═════ Provided records ═════

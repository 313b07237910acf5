ghost use Rattle.std.specs.Prelude.{◌≡◌, ◌<◌, ◌^◌, [], Err, IsTrue, None, length};
ghost use Rattle.merge_core.specs.Trail.{IsAtRest};
ghost use Rattle.plan_law.specs.Plans.{WaitsForEarlier};
ghost use Rattle.run_turns.specs.Plans.{AreJobs};
ghost use Rattle.run_plan.specs.Courses.{IsCourse};
ghost use Rattle.run_plan.specs.Merges.{MergesPlan};

use crate::closing::close;
use crate::preparing::{Course, course_of};
use crate::stop::PlanStop;
use crate::turns::merge_groups;
use build_pool::{BuildPool, Builder};
use file_tree::{Sink, Tree, TreeFault};
use merge_core::Core;
use merge_group::{Stop, open_run};
use owner_book::OwnerBook;
use plan_lives::{Group, Plan};
use run_turns::Job;
use std::alloc::Global;
use vdb_record::Installed;

/// What the run of a plan takes beside the plan.
#[derive(Drop)]
pub struct Task {
    /// Of each group in turn.
    pub jobs: Vec<Job>,
    /// Who owns what in the tree; nothing is claimed.
    pub book: OwnerBook,
}

/// What the run of a plan gives back.
#[derive(Drop)]
pub struct Merged<T, S> {
    pub tree: T,
    pub sink: S,
    /// The machine as the run left it, where its site was opened.
    pub machine: Option<Core>,
    pub end: Result<(), PlanStop>,
    /// The groups that are in the tree for good, by their numbers, in order.
    pub history: Vec<u32>,
    /// The groups whose line was written, in order.
    pub acknowledged: Vec<u32>,
}

/// Merges the groups of a plan one after another into a tree at rest with these packages, writes the
/// line of each, and clears the journal. The first stop ends the run.
pub fn merge_plan<T: Tree, S: Sink, B: Builder>(
    alloc: Global,
    mut tree: T,
    sink: S,
    pool: &mut BuildPool<B>,
    installed: &[Installed],
    plan: &Plan,
    task: Task,
) -> Merged<T, S>
    requires rest { IsTrue T.tells → IsAtRest (T.story tree).now.holds (T.story tree).now }
    requires unclaimed { task.book.claims ≡ [] }
    requires jobs { AreJobs plan.now task.jobs.items }
    requires resting { 0 < length pool.old.resting }
    ensures { MergesPlan T.Tree S.Sink B.Builder installed.now plan.now task tree sink pool.old
        pool.new result }
{
    let groups = plan.groups();
    match course_of(alloc, &mut tree, installed, groups, &task.jobs) {
        Ok(course) => run_course(alloc, tree, sink, pool, installed, groups, task, course),
        Err(fault) => unmerged(alloc, tree, sink, fault),
    }
}

/// Merges the groups of a plan over a tree at rest, with what was made for it.
fn run_course<T: Tree, S: Sink, B: Builder>(
    alloc: Global,
    tree: T,
    sink: S,
    pool: &mut BuildPool<B>,
    installed: &[Installed],
    plan: &[Group],
    task: Task,
    course: Course,
) -> Merged<T, S>
    requires rest { IsTrue T.tells → IsAtRest (T.story tree).now.holds (T.story tree).now }
    requires unclaimed { task.book.claims ≡ [] }
    requires jobs { AreJobs plan.now task.jobs.items }
    requires earlier { WaitsForEarlier plan.now }
    requires small { length plan.now < 2 ^ 31 }
    requires resting { 0 < length pool.old.resting }
    requires course { IsCourse T.tells (T.story tree).now.holds installed.now plan.now
        task.jobs.items course }
    ensures { MergesPlan T.Tree S.Sink B.Builder installed.now plan.now task tree sink pool.old
        pool.new result }
{
    let Task { jobs, book } = task;
    let Course {
        places,
        groups,
        mut progress,
    } = course;
    match open_run(alloc, tree, sink, book, groups) {
        Ok(mut site) => {
            let end = merge_groups(alloc, &mut site, pool, plan, &jobs, &places, &mut progress);
            close(alloc, site, end, progress)
        }
        Err((tree, sink)) => unmerged(alloc, tree, sink, TreeFault::Memory),
    }
}

/// The end of a run that never began.
fn unmerged<T: Tree, S: Sink>(alloc: Global, tree: T, sink: S, fault: TreeFault) -> Merged<T, S>
    ensures tree { result.tree ≡ tree }
    ensures sink { result.sink ≡ sink }
    ensures machine { result.machine ≡ None }
    ensures end { result.end ≡ Err (PlanStop.Merge (Stop.Tree fault)) }
    ensures history { result.history.items ≡ [] }
    ensures acknowledged { result.acknowledged.items ≡ [] }
{
    Merged {
        tree,
        sink,
        machine: None,
        end: Err(PlanStop::Merge(Stop::Tree(fault))),
        history: Vec::new(alloc),
        acknowledged: Vec::new(alloc),
    }
}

═════

• [Try it] Your job is to give the listing again exactly as it was written.

• [The completed task]
repository 313b07237910acf5
ghost use Rattle.std.specs.Prelude.{◌≡◌, ◌<◌, ◌^◌, [], Err, IsTrue, None, length};
ghost use Rattle.merge_core.specs.Trail.{IsAtRest};
ghost use Rattle.plan_law.specs.Plans.{WaitsForEarlier};
ghost use Rattle.run_turns.specs.Plans.{AreJobs};
ghost use Rattle.run_plan.specs.Courses.{IsCourse};
ghost use Rattle.run_plan.specs.Merges.{MergesPlan};

use crate::closing::close;
use crate::preparing::{Course, course_of};
use crate::stop::PlanStop;
use crate::turns::merge_groups;
use build_pool::{BuildPool, Builder};
use file_tree::{Sink, Tree, TreeFault};
use merge_core::Core;
use merge_group::{Stop, open_run};
use owner_book::OwnerBook;
use plan_lives::{Group, Plan};
use run_turns::Job;
use std::alloc::Global;
use vdb_record::Installed;

/// What the run of a plan takes beside the plan.
#[derive(Drop)]
pub struct Task {
    /// Of each group in turn.
    pub jobs: Vec<Job>,
    /// Who owns what in the tree; nothing is claimed.
    pub book: OwnerBook,
}

/// What the run of a plan gives back.
#[derive(Drop)]
pub struct Merged<T, S> {
    pub tree: T,
    pub sink: S,
    /// The machine as the run left it, where its site was opened.
    pub machine: Option<Core>,
    pub end: Result<(), PlanStop>,
    /// The groups that are in the tree for good, by their numbers, in order.
    pub history: Vec<u32>,
    /// The groups whose line was written, in order.
    pub acknowledged: Vec<u32>,
}

/// Merges the groups of a plan one after another into a tree at rest with these packages, writes the
/// line of each, and clears the journal. The first stop ends the run.
pub fn merge_plan<T: Tree, S: Sink, B: Builder>(
    alloc: Global,
    mut tree: T,
    sink: S,
    pool: &mut BuildPool<B>,
    installed: &[Installed],
    plan: &Plan,
    task: Task,
) -> Merged<T, S>
    requires rest { IsTrue T.tells → IsAtRest (T.story tree).now.holds (T.story tree).now }
    requires unclaimed { task.book.claims ≡ [] }
    requires jobs { AreJobs plan.now task.jobs.items }
    requires resting { 0 < length pool.old.resting }
    ensures { MergesPlan T.Tree S.Sink B.Builder installed.now plan.now task tree sink pool.old
        pool.new result }
{
    let groups = plan.groups();
    match course_of(alloc, &mut tree, installed, groups, &task.jobs) {
        Ok(course) => run_course(alloc, tree, sink, pool, installed, groups, task, course),
        Err(fault) => unmerged(alloc, tree, sink, fault),
    }
}

/// Merges the groups of a plan over a tree at rest, with what was made for it.
fn run_course<T: Tree, S: Sink, B: Builder>(
    alloc: Global,
    tree: T,
    sink: S,
    pool: &mut BuildPool<B>,
    installed: &[Installed],
    plan: &[Group],
    task: Task,
    course: Course,
) -> Merged<T, S>
    requires rest { IsTrue T.tells → IsAtRest (T.story tree).now.holds (T.story tree).now }
    requires unclaimed { task.book.claims ≡ [] }
    requires jobs { AreJobs plan.now task.jobs.items }
    requires earlier { WaitsForEarlier plan.now }
    requires small { length plan.now < 2 ^ 31 }
    requires resting { 0 < length pool.old.resting }
    requires course { IsCourse T.tells (T.story tree).now.holds installed.now plan.now
        task.jobs.items course }
    ensures { MergesPlan T.Tree S.Sink B.Builder installed.now plan.now task tree sink pool.old
        pool.new result }
{
    let Task { jobs, book } = task;
    let Course {
        places,
        groups,
        mut progress,
    } = course;
    match open_run(alloc, tree, sink, book, groups) {
        Ok(mut site) => {
            let end = merge_groups(alloc, &mut site, pool, plan, &jobs, &places, &mut progress);
            close(alloc, site, end, progress)
        }
        Err((tree, sink)) => unmerged(alloc, tree, sink, TreeFault::Memory),
    }
}

/// The end of a run that never began.
fn unmerged<T: Tree, S: Sink>(alloc: Global, tree: T, sink: S, fault: TreeFault) -> Merged<T, S>
    ensures tree { result.tree ≡ tree }
    ensures sink { result.sink ≡ sink }
    ensures machine { result.machine ≡ None }
    ensures end { result.end ≡ Err (PlanStop.Merge (Stop.Tree fault)) }
    ensures history { result.history.items ≡ [] }
    ensures acknowledged { result.acknowledged.items ≡ [] }
{
    Merged {
        tree,
        sink,
        machine: None,
        end: Err(PlanStop::Merge(Stop::Tree(fault))),
        history: Vec::new(alloc),
        acknowledged: Vec::new(alloc),
    }
}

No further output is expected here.